▶ _How to complete this task_
From the material below, return every line that includes "enclosures".

┄┄┄┄┄┄┄┄┄┄┄┄┄┄┄┄┄┄┄┄

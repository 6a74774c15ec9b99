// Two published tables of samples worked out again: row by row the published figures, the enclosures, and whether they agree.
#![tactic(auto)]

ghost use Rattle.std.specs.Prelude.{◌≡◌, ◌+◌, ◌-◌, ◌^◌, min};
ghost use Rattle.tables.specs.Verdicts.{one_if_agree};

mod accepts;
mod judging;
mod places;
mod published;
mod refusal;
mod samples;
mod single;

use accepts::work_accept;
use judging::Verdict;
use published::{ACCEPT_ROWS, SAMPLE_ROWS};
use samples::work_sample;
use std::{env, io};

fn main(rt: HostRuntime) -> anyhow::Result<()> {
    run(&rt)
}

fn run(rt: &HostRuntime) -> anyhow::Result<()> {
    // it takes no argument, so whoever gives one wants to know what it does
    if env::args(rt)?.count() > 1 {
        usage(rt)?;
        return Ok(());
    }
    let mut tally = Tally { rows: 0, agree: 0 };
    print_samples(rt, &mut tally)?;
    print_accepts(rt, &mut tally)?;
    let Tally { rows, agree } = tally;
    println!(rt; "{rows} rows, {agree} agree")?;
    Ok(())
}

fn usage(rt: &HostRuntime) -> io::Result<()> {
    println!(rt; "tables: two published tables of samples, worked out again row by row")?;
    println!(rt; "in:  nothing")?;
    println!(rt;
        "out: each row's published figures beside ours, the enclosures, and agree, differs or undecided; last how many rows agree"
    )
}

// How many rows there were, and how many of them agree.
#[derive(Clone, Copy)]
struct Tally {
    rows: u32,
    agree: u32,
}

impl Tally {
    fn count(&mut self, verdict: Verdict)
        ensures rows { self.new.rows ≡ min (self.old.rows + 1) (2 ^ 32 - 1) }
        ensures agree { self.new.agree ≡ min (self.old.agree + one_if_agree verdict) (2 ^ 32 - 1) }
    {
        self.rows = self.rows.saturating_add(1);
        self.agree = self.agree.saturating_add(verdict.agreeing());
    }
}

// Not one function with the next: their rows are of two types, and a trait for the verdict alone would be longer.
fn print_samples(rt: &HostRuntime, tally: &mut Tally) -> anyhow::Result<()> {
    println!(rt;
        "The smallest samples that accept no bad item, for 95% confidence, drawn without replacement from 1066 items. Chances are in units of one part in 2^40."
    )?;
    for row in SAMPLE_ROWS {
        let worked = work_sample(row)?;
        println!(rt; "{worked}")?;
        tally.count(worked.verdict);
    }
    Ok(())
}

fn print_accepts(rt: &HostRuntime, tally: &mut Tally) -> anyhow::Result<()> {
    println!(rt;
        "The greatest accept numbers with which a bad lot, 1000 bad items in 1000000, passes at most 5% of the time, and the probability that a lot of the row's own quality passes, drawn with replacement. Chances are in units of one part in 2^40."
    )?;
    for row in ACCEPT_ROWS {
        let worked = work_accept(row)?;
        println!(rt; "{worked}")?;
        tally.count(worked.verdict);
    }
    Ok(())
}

┄┄┄┄┄┄┄┄┄┄┄┄┄┄┄┄┄┄┄┄

▶ _Reply to the exercise_
// Two published tables of samples worked out again: row by row the published figures, the enclosures, and whether they agree.
        "out: each row's published figures beside ours, the enclosures, and agree, differs or undecided; last how many rows agree"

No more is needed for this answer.